Translational invariance implying diagonal representation in momentum space I have just come across something in my reading of Peskin and Schroeder that claims that because a function, in this particular case a two-point correlation function, is translationally invariant, it automatically has a diagonal momentum space representation. I am not seeing this relationship, and I was hoping someone could clarify this for me! 
 A: This is just a property of Fourier transformations. If the correlation function is translational invariant then, by definition, the position space representation $D(x,y)$ transforms as $D(x+a,y+a) = D(x,y)$ for any constant $a$. Thus $D(x,y) = D(x-y,0)$ and so the correlator depends only on the difference $x-y$. For simplicity, we'll define $D(x-y) = D(x-y,0)$. Fourier transform this over both $x$ and $y$ and you'll find it diagonal in momentum space. For example, in one dimension,
\begin{eqnarray}
\tilde{D}(p,q) &\sim& \int dx dy e^{ipx + iqy} D(x-y)\\
&=& \int du dy e^{ipu} e^{i(p+q)y} D(u) \\
&\sim& \tilde{D}(p) \delta(p+q)
\end{eqnarray}
where I'm neglecting to keep track of the constants.
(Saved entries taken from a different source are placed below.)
//! Reading statements.
ghost use Rattle.std.specs.Prelude.{◌<◌, ◌≤◌, ◌∷◌, ◌++◌, [], MatchResult};
ghost use Rattle.jam_grammar.specs.Trees.{form_tree};
ghost use Rattle.jam_grammar.specs.Spelling.{stmt_syms, stmts_syms, form_syms, block_syms, braced, case_syms, cases_syms, other_syms, local_syms, is_if, only};
ghost use Rattle.jam_grammar.specs.Spelling as spelling;
ghost use Rattle.jam_grammar.specs.Grammar.{Stmts, OneStmt, OneBlock, OneExpr, OneElse, ElseTail, ForTail, RuleTail, CaseBlock, Cases, OneWord, OneArg, Args, Key};
ghost use Rattle.jam_grammar.specs.declared.mark.TokenMark.TheVariants as marks;
ghost use Rattle.jam_parser.specs.PartReadings.{IsRead, EndsBy, Reads, ReadsOn, after_params};

use crate::args::{MAX_OPEN, arg, args};
use crate::exprs::expr;
use crate::params::params;
use crate::reading::{ReadingFault, key_here, next_of, past, word_here};
use crate::simple::{actions, by_arg, include, local, returned};
use crate::start::{Start, at_stmt, line_of, start_of};
use b2_base::text::Text;
use b2_base::token::Token;
use jam_grammar::mark::TokenMark;
use jam_grammar::tree::{Block, Case, Form, Other, Stmt};
use std::alloc::Global;
use std::rc::Rc;

/// Reads statements as long as there are, where depth are open.
#[cycle(stmts)]
pub fn stmts<'a>(
    alloc: Global,
    rest: &'a [Token],
    depth: u8,
) -> Result<(Vec<Stmt>, &'a [Token]), ReadingFault<'a>>
    requires { depth ≤ 64 }
    ensures { MatchResult result (λ r. IsRead (Stmts ∷ []) rest.now depth (stmts_syms r.0.items) r.1.now) (λ e. EndsBy (Stmts ∷ []) rest.now depth e) }
{
    let mut found = Vec::new(alloc);
    let mut left = rest;
    'each: while at_stmt(left) {
        let (one, after) = stmt(alloc, left, depth)?;
        found.push(one)?;
        left = after;
    }
    Ok((found, left))
}

/// Reads a statement with its line.
#[cycle(stmts)]
fn stmt<'a>(
    alloc: Global,
    rest: &'a [Token],
    depth: u8,
) -> Result<(Stmt, &'a [Token]), ReadingFault<'a>>
    requires { depth ≤ 64 }
    ensures { MatchResult result (λ r. IsRead (OneStmt ∷ []) rest.now depth (stmt_syms r.0) r.1.now) (λ e. EndsBy (OneStmt ∷ []) rest.now depth e) }
{
    match next_of(rest) {
        Some((_, first, _)) => {
            let (form, after) = form(alloc, rest, depth)?;
            Ok((
                Stmt {
                    line: first.line,
                    form,
                },
                after,
            ))
        }
        None => Err(ReadingFault::At(rest)),
    }
}

/// Reads what a statement says.
#[cycle(stmts)]
fn form<'a>(
    alloc: Global,
    rest: &'a [Token],
    depth: u8,
) -> Result<(Form, &'a [Token]), ReadingFault<'a>>
    requires { depth ≤ 64 }
    ensures { MatchResult result (λ r. IsRead (OneStmt ∷ []) rest.now depth (form_syms r.0) r.1.now) (λ e. EndsBy (OneStmt ∷ []) rest.now depth e) }
{
    match start_of(rest) {
        Start::Argument => by_arg(alloc, rest, depth),
        Start::Brace => braces(alloc, rest, depth),
        Start::Local(after) => local(alloc, after, depth),
        Start::Include(after) => include(alloc, after, depth),
        Start::Return(after) => returned(alloc, after, depth),
        Start::If(after) if depth < MAX_OPEN => if_form(alloc, after, depth),
        Start::For(after) if depth < MAX_OPEN => for_form(alloc, after, depth),
        Start::While(after) if depth < MAX_OPEN => while_form(alloc, after, depth),
        Start::Switch(after) if depth < MAX_OPEN => switch_form(alloc, after, depth),
        Start::Module(after) if depth < MAX_OPEN => module_form(alloc, after, depth),
        Start::Rule(after) if depth < MAX_OPEN => rule_form(alloc, after, depth),
        Start::Actions(after) if depth < MAX_OPEN => actions(after, depth),
        Start::On(after) if depth < MAX_OPEN => on_form(alloc, after, depth + 1),
        _ => Err(ReadingFault::At(rest)),
    }
}

/// Reads a block in braces.
#[cycle(stmts)]
fn block<'a>(
    alloc: Global,
    rest: &'a [Token],
    depth: u8,
) -> Result<(Block, &'a [Token]), ReadingFault<'a>>
    requires { depth ≤ 64 }
    ensures { MatchResult result (λ r. IsRead (OneBlock ∷ []) rest.now depth (braced (block_syms r.0)) r.1.now) (λ e. EndsBy (OneBlock ∷ []) rest.now depth e) }
{
    match past(rest, TokenMark::BraceOpen) {
        Some(after) if depth < MAX_OPEN => {
            let (stmts, after) = stmts(alloc, after, depth + 1)?;
            let after = key_here(after, TokenMark::BraceClose, depth)?;
            Ok((Block { stmts }, after))
        }
        _ => Err(ReadingFault::At(rest)),
    }
}

/// Reads a block that is a statement.
#[cycle(stmts)]
fn braces<'a>(
    alloc: Global,
    rest: &'a [Token],
    depth: u8,
) -> Result<(Form, &'a [Token]), ReadingFault<'a>>
    requires { depth ≤ 64 }
    ensures { MatchResult result (λ r. IsRead (OneBlock ∷ []) rest.now depth (form_syms r.0) r.1.now) (λ e. EndsBy (OneBlock ∷ []) rest.now depth e) }
{
    let (block, after) = block(alloc, rest, depth)?;
    Ok((Form::Braces(block), after))
}

/// Reads what stands after `if`.
#[cycle(stmts)]
fn if_form<'a>(
    alloc: Global,
    rest: &'a [Token],
    depth: u8,
) -> Result<(Form, &'a [Token]), ReadingFault<'a>>
    requires { depth < 64 }
    ensures { ReadsOn result (spelling.Key marks.If ∷ []) (OneExpr ∷ OneBlock ∷ OneElse ∷ []) rest.now depth (λ r. only (is_if (form_tree r.0)) (form_syms r.0)) (λ r. r.1.now) }
{
    let (test, after) = expr(alloc, rest, depth)?;
    match branches(alloc, after, depth) {
        Ok((then, other, after)) => Ok((Form::If { test, then, other }, after)),
        Err(fault) => {
            drop(test);
            Err(fault)
        }
    }
}

/// Reads the block of an `if`, and what may follow on it.
#[cycle(stmts)]
fn branches<'a>(
    alloc: Global,
    rest: &'a [Token],
    depth: u8,
) -> Result<(Block, Other, &'a [Token]), ReadingFault<'a>>
    requires { depth < 64 }
    ensures { Reads result (OneBlock ∷ OneElse ∷ []) rest.now depth (λ r. braced (block_syms r.0) ++ other_syms r.1) (λ r. r.2.now) }
{
    let (then, after) = block(alloc, rest, depth)?;
    let (other, after) = other(alloc, after, depth)?;
    Ok((then, other, after))
}

/// Reads what may follow on the block of an `if`.
#[cycle(stmts)]
fn other<'a>(
    alloc: Global,
    rest: &'a [Token],
    depth: u8,
) -> Result<(Other, &'a [Token]), ReadingFault<'a>>
    requires { depth < 64 }
    ensures { MatchResult result (λ r. IsRead (OneElse ∷ []) rest.now depth (other_syms r.0) r.1.now) (λ e. EndsBy (OneElse ∷ []) rest.now depth e) }
{
    match past(rest, TokenMark::Else) {
        Some(after) => else_tail(alloc, after, depth),
        None => Ok((Other::Nothing, rest)),
    }
}

/// Reads what stands after `else`.
#[cycle(stmts)]
fn else_tail<'a>(
    alloc: Global,
    rest: &'a [Token],
    depth: u8,
) -> Result<(Other, &'a [Token]), ReadingFault<'a>>
    requires { depth < 64 }
    ensures { ReadsOn result (spelling.Key marks.Else ∷ []) (ElseTail ∷ []) rest.now depth (λ r. other_syms r.0) (λ r. r.1.now) }
{
    match past(rest, TokenMark::If) {
        Some(after) if depth + 1 < MAX_OPEN => else_if(alloc, line_of(rest), after, depth + 1),
        Some(_) => Err(ReadingFault::At(rest)),
        None => {
            let (block, after) = block(alloc, rest, depth)?;
            Ok((Other::Braces(block), after))
        }
    }
}

/// Reads what stands after `else if`, of which `if` is on the line; the `else` is counted in depth.
#[cycle(stmts)]
fn else_if<'a>(
    alloc: Global,
    line: u32,
    rest: &'a [Token],
    depth: u8,
) -> Result<(Other, &'a [Token]), ReadingFault<'a>>
    requires { depth < 64 }
    ensures { ReadsOn result (spelling.Key marks.Else ∷ spelling.From line ∷ spelling.Key marks.If ∷ []) (OneExpr ∷ OneBlock ∷ OneElse ∷ []) rest.now depth (λ r. other_syms r.0) (λ r. r.1.now) }
{
    let (form, after) = if_form(alloc, rest, depth)?;
    let stmt = Box::new(alloc, Stmt { line, form })?;
    Ok((Other::If(stmt), after))
}

/// Reads what stands after `for`.
#[cycle(stmts)]
fn for_form<'a>(
    alloc: Global,
    rest: &'a [Token],
    depth: u8,
) -> Result<(Form, &'a [Token]), ReadingFault<'a>>
    requires { depth ≤ 64 }
    ensures { ReadsOn result (spelling.Key marks.For ∷ []) (ForTail ∷ []) rest.now depth (λ r. form_syms r.0) (λ r. r.1.now) }
{
    match past(rest, TokenMark::Local) {
        Some(after) => for_rest(alloc, true, after, depth),
        None => for_rest(alloc, false, rest, depth),
    }
}

/// Reads what stands after `for`, and after `local` there.
#[cycle(stmts)]
fn for_rest<'a>(
    alloc: Global,
    local: bool,
    rest: &'a [Token],
    depth: u8,
) -> Result<(Form, &'a [Token]), ReadingFault<'a>>
    requires { depth ≤ 64 }
    ensures { ReadsOn result (spelling.Key marks.For ∷ local_syms local) (OneWord ∷ Key marks.In ∷ Args ∷ OneBlock ∷ []) rest.now depth (λ r. form_syms r.0) (λ r. r.1.now) }
{
    let (name, after) = word_here(rest, depth)?;
    let after = key_here(after, TokenMark::In, depth)?;
    let (items, after) = args(alloc, after, depth)?;
    let (block, after) = block(alloc, after, depth)?;
    Ok((
        Form::For {
            local,
            name,
            items,
            block,
        },
        after,
    ))
}

/// Reads what stands after `while`.
#[cycle(stmts)]
fn while_form<'a>(
    alloc: Global,
    rest: &'a [Token],
    depth: u8,
) -> Result<(Form, &'a [Token]), ReadingFault<'a>>
    requires { depth ≤ 64 }
    ensures { ReadsOn result (spelling.Key marks.While ∷ []) (OneExpr ∷ OneBlock ∷ []) rest.now depth (λ r. form_syms r.0) (λ r. r.1.now) }
{
    let (test, after) = expr(alloc, rest, depth)?;
    match block(alloc, after, depth) {
        Ok((block, after)) => Ok((Form::While { test, block }, after)),
        Err(fault) => {
            drop(test);
            Err(fault)
        }
    }
}

/// Reads what stands after `module`.
#[cycle(stmts)]
fn module_form<'a>(
    alloc: Global,
    rest: &'a [Token],
    depth: u8,
) -> Result<(Form, &'a [Token]), ReadingFault<'a>>
    requires { depth ≤ 64 }
    ensures { ReadsOn result (spelling.Key marks.Module ∷ []) (Args ∷ OneBlock ∷ []) rest.now depth (λ r. form_syms r.0) (λ r. r.1.now) }
{
    let (name, after) = args(alloc, rest, depth)?;
    let (block, after) = block(alloc, after, depth)?;
    Ok((Form::Module { name, block }, after))
}

/// Reads what stands after `switch`.
#[cycle(stmts)]
fn switch_form<'a>(
    alloc: Global,
    rest: &'a [Token],
    depth: u8,
) -> Result<(Form, &'a [Token]), ReadingFault<'a>>
    requires { depth ≤ 64 }
    ensures { ReadsOn result (spelling.Key marks.Switch ∷ []) (Args ∷ CaseBlock ∷ []) rest.now depth (λ r. form_syms r.0) (λ r. r.1.now) }
{
    let (value, after) = args(alloc, rest, depth)?;
    let (cases, after) = case_block(alloc, after, depth)?;
    Ok((Form::Switch { value, cases }, after))
}

/// Reads cases in braces.
#[cycle(stmts)]
fn case_block<'a>(
    alloc: Global,
    rest: &'a [Token],
    depth: u8,
) -> Result<(Vec<Case>, &'a [Token]), ReadingFault<'a>>
    requires { depth ≤ 64 }
    ensures { MatchResult result (λ r. IsRead (CaseBlock ∷ []) rest.now depth (braced (cases_syms r.0.items)) r.1.now) (λ e. EndsBy (CaseBlock ∷ []) rest.now depth e) }
{
    match past(rest, TokenMark::BraceOpen) {
        Some(after) if depth < MAX_OPEN => {
            let (found, after) = cases(alloc, after, depth + 1)?;
            let after = key_here(after, TokenMark::BraceClose, depth)?;
            Ok((found, after))
        }
        _ => Err(ReadingFault::At(rest)),
    }
}

/// Reads cases as long as there are.
#[cycle(stmts)]
fn cases<'a>(
    alloc: Global,
    rest: &'a [Token],
    depth: u8,
) -> Result<(Vec<Case>, &'a [Token]), ReadingFault<'a>>
    requires { depth ≤ 64 }
    ensures { MatchResult result (λ r. IsRead (Cases ∷ []) rest.now depth (cases_syms r.0.items) r.1.now) (λ e. EndsBy (Cases ∷ []) rest.now depth e) }
{
    let mut found = Vec::new(alloc);
    let mut left = rest;
    'each: while let Some(after) = past(left, TokenMark::Case) {
        let (one, after) = one_case(alloc, after, depth)?;
        found.push(one)?;
        left = after;
    }
    Ok((found, left))
}

/// Reads what stands after `case`.
#[cycle(stmts)]
fn one_case<'a>(
    alloc: Global,
    rest: &'a [Token],
    depth: u8,
) -> Result<(Case, &'a [Token]), ReadingFault<'a>>
    requires { depth ≤ 64 }
    ensures { ReadsOn result (spelling.Key marks.Case ∷ []) (OneWord ∷ Key marks.Colon ∷ Stmts ∷ []) rest.now depth (λ r. case_syms r.0) (λ r. r.1.now) }
{
    let (pattern, after) = word_here(rest, depth)?;
    let after = key_here(after, TokenMark::Colon, depth)?;
    let (stmts, after) = stmts(alloc, after, depth)?;
    Ok((
        Case {
            pattern,
            block: Block { stmts },
        },
        after,
    ))
}

/// Reads what stands after `rule`.
#[cycle(stmts)]
fn rule_form<'a>(
    alloc: Global,
    rest: &'a [Token],
    depth: u8,
) -> Result<(Form, &'a [Token]), ReadingFault<'a>>
    requires { depth < 64 }
    ensures { ReadsOn result (spelling.Key marks.Rule ∷ []) (OneWord ∷ RuleTail ∷ []) rest.now depth (λ r. form_syms r.0) (λ r. r.1.now) }
{
    let (name, after) = word_here(rest, depth)?;
    let (form, after) = rule_tail(alloc, name, after, depth)?;
    Ok((form, after))
}

/// Reads what stands after the name of a rule.
#[cycle(stmts)]
fn rule_tail<'a>(
    alloc: Global,
    name: Text,
    rest: &'a [Token],
    depth: u8,
) -> Result<(Form, &'a [Token]), ReadingFault<'a>>
    requires { depth < 64 }
    ensures { ReadsOn result (spelling.Key marks.Rule ∷ spelling.Says name ∷ []) (RuleTail ∷ []) rest.now depth (λ r. form_syms r.0) (λ r. r.1.now) }
{
    match past(rest, TokenMark::ParenOpen) {
        Some(after) => with_params(alloc, name, after, depth),
        None => {
            let (block, after) = block(alloc, rest, depth)?;
            let params = Vec::new(alloc);
            let block = Rc::new(alloc, block)?;
            Ok((
                Form::Rule {
                    name,
                    params,
                    block,
                },
                after,
            ))
        }
    }
}

/// Reads what stands after the opening parenthesis of a rule.
#[cycle(stmts)]
fn with_params<'a>(
    alloc: Global,
    name: Text,
    rest: &'a [Token],
    depth: u8,
) -> Result<(Form, &'a [Token]), ReadingFault<'a>>
    requires { depth < 64 }
    ensures { ReadsOn result (spelling.Key marks.Rule ∷ spelling.Says name ∷ spelling.Key marks.ParenOpen ∷ []) after_params rest.now depth (λ r. form_syms r.0) (λ r. r.1.now) }
{
    let (params, after) = params(alloc, rest, depth + 1)?;
    let after = key_here(after, TokenMark::ParenClose, depth)?;
    let (block, after) = block(alloc, after, depth)?;
    let block = Rc::new(alloc, block)?;
    Ok((
        Form::Rule {
            name,
            params,
            block,
        },
        after,
    ))
}

/// Reads what stands after `on`, which is counted in depth.
#[cycle(stmts)]
fn on_form<'a>(
    alloc: Global,
    rest: &'a [Token],
    depth: u8,
) -> Result<(Form, &'a [Token]), ReadingFault<'a>>
    requires { depth ≤ 64 }
    ensures { ReadsOn result (spelling.Key marks.On ∷ []) (OneArg ∷ OneStmt ∷ []) rest.now depth (λ r. form_syms r.0) (λ r. r.1.now) }
{
    let (target, after) = arg(alloc, rest, depth)?;
    let (stmt, after) = stmt(alloc, after, depth)?;
    let stmt = Box::new(alloc, stmt)?;
    Ok((Form::On { target, stmt }, after))
}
The result is diagonal in momentum space by virtue of the delta-function, enforcing $q=-p$.
A: The fact that the system is translationally invariant implies that the translation operator commutes with the Hamiltonian. This implies that they have a basis of mutual eigenstates. Since the momentum operator generates the translations, i.e. 
$$T =e^{-\imath x p}$$
a state is an eigenstate of the translation operator if and only if it is an eigenstate of the momentum operator. 
A: I guess what is to be noted here is the fact that, the Correlation function (operator), commutes with the momentum operator, since 
$$
[D,\text e^{ixp}] = 0 \implies [D,p] = 0
$$
Having that to be the case, one can recollect that any operator represented in its own eigenspace is diagonal should answer your question.
PS : I am not completely sure about the question(answer) , so this is just my persepective
A: To expand on the answer given by @By Symmetry, let the two point function be defined as
$$
f(x_1,x_2)=\langle\Omega|\, \phi(x_1)\phi(x_2)\,|\Omega\rangle.
$$
In order the above to be translationally invariant one must require that 
$$
\langle\Omega|\,\left[P, \phi(x_1)\phi(x_2)\right]\,|\Omega\rangle = 0
$$
where $P$ is the generator of the translations as defined as a one-parameter unitary group. This does not in general require the commutator to be always zero (it just requires it to be so on the vacuum state); however if you want this relation to hold on every state $|\psi\rangle$ then the commutator always being zero implies that $P$ and $\phi(x_1)\phi(x_2)$ have a set of common eigenstates where they could be simultaneously diagonalised.